• **Exercise objective**: Filter this listing down to the lines that contain the word "operands", and copy them.

• **Information**:
*** Begin section ***
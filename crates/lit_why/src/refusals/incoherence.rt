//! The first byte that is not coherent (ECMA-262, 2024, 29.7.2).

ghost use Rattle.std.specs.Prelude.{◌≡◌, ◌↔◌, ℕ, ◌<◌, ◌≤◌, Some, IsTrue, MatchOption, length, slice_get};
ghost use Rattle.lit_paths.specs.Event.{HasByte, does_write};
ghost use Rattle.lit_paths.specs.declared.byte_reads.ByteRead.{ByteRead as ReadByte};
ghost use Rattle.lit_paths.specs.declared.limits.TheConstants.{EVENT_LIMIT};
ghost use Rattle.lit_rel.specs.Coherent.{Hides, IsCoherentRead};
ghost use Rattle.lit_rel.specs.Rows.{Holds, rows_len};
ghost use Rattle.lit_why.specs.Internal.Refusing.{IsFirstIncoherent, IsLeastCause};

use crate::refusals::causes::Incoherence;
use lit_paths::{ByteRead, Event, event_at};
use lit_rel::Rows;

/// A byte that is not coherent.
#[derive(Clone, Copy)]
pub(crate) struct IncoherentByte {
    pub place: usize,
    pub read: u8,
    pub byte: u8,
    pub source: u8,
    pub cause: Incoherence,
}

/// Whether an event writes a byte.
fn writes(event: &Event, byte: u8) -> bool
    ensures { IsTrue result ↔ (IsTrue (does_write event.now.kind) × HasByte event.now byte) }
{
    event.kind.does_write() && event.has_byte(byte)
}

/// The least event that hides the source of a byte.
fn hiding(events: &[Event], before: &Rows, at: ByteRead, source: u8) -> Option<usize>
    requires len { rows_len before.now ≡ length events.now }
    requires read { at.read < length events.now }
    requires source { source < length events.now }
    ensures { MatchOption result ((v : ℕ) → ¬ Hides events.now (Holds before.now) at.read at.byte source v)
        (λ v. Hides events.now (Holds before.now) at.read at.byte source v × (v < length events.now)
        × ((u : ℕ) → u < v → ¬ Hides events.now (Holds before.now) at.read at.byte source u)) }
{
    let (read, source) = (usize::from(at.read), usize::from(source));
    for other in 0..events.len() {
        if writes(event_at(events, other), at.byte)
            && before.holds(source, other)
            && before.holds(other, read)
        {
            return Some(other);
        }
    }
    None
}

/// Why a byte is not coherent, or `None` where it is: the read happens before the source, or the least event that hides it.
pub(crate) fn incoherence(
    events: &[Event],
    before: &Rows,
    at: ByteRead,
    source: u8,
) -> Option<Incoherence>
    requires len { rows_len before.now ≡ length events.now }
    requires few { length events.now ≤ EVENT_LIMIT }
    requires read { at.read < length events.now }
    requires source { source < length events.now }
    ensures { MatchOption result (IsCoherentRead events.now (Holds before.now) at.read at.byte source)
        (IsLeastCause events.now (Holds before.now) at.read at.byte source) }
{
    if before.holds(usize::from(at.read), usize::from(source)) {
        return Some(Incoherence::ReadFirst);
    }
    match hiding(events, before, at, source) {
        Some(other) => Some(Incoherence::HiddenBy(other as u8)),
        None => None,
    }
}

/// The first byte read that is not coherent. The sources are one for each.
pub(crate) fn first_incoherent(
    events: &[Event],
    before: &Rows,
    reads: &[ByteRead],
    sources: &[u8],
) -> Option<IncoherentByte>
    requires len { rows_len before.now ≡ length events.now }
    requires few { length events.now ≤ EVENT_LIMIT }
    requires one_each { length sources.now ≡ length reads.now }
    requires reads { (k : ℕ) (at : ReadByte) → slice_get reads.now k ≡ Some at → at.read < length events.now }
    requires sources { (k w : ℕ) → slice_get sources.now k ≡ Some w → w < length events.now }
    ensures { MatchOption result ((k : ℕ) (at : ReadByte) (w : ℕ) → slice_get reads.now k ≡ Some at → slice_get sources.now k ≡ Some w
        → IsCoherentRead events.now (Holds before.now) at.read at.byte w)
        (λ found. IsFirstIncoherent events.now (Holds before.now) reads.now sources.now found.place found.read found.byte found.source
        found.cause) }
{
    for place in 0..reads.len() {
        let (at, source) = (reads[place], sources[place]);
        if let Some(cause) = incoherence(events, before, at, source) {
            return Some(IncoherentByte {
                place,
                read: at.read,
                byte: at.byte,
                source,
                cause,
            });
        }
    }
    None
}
*** End section ***
*** Begin section ***
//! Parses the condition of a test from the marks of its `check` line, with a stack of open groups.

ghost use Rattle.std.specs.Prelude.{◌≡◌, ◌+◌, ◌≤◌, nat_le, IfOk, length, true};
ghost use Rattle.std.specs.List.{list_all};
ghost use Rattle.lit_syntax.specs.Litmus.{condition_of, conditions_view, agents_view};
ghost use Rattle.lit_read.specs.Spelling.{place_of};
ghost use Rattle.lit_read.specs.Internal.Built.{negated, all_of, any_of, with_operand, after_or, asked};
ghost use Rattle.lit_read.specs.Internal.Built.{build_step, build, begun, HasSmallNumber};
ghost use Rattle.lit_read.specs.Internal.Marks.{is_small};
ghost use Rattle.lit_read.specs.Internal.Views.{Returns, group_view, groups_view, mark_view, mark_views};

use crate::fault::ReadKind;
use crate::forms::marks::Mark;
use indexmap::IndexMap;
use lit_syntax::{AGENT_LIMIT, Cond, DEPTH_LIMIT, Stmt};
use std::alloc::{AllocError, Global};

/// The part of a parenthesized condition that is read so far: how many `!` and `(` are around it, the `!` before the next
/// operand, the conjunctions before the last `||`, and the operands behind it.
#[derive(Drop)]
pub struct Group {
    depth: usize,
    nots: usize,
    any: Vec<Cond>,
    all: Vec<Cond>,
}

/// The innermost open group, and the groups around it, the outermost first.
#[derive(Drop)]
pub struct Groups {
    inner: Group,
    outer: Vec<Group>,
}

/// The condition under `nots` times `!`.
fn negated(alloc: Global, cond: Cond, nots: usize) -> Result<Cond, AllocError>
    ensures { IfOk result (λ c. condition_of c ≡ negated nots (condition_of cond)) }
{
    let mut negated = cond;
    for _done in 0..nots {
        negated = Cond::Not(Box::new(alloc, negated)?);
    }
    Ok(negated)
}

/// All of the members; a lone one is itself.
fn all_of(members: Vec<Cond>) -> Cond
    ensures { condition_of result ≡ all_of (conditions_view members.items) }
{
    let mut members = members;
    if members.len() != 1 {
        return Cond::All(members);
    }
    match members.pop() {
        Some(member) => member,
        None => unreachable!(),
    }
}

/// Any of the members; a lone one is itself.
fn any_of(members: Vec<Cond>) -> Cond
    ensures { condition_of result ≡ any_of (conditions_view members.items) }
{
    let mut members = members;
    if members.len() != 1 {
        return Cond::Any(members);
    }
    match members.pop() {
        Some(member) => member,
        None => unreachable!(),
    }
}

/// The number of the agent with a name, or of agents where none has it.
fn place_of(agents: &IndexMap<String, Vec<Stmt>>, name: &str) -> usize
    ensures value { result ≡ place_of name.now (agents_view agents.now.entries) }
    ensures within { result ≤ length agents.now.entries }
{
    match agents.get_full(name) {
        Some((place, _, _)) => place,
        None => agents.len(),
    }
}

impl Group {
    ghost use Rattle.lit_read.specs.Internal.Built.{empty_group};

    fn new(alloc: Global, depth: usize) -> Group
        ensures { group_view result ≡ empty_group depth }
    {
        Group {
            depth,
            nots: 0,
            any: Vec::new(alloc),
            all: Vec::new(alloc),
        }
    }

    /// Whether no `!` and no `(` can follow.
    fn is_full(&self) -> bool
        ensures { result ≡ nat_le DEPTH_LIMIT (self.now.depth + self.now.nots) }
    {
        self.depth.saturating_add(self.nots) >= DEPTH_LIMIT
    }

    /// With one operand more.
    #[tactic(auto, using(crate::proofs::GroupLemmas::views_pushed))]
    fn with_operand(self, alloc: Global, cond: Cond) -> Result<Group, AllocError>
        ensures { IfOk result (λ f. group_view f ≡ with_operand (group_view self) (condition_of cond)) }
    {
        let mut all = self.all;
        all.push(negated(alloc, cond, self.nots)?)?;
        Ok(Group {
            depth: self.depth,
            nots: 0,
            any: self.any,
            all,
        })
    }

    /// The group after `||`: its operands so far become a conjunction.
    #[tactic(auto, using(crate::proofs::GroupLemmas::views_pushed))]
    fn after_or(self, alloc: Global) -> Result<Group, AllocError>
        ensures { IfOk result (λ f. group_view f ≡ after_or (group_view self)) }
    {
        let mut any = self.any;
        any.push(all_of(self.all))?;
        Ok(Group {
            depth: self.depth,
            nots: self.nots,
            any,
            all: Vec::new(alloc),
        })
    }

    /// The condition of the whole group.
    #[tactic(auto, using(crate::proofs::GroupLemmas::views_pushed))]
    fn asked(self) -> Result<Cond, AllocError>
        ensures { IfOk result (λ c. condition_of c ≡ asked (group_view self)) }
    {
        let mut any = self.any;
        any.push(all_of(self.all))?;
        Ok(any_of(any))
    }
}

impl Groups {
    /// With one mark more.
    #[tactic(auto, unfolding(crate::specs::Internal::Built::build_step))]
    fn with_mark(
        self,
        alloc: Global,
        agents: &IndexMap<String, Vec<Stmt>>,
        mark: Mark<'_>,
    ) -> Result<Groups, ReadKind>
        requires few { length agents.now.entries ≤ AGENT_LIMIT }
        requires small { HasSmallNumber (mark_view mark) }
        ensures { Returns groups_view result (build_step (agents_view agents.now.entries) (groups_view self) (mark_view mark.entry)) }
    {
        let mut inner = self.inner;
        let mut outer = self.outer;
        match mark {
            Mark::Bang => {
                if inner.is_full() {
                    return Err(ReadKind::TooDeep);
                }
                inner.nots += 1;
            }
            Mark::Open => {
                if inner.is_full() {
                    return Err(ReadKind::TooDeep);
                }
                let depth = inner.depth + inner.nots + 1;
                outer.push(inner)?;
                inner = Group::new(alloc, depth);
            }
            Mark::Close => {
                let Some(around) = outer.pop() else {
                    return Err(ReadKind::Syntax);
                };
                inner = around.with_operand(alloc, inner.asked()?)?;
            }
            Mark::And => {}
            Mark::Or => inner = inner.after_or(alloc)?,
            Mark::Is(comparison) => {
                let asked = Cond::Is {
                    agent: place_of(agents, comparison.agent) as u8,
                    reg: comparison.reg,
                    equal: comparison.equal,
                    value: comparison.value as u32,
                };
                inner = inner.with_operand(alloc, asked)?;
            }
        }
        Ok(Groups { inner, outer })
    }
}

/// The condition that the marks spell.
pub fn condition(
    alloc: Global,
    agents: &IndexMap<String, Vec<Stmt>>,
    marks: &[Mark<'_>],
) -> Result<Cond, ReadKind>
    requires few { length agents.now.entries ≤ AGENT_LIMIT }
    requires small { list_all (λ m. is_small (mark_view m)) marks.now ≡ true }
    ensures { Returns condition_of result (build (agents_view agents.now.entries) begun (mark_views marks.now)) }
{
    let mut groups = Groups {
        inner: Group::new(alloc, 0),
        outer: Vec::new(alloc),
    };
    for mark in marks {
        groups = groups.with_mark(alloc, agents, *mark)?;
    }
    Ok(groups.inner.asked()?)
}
*** End section ***
• **Solution for this problem**:
/// operand, the conjunctions before the last `||`, and the operands behind it.
    /// The group after `||`: its operands so far become a conjunction.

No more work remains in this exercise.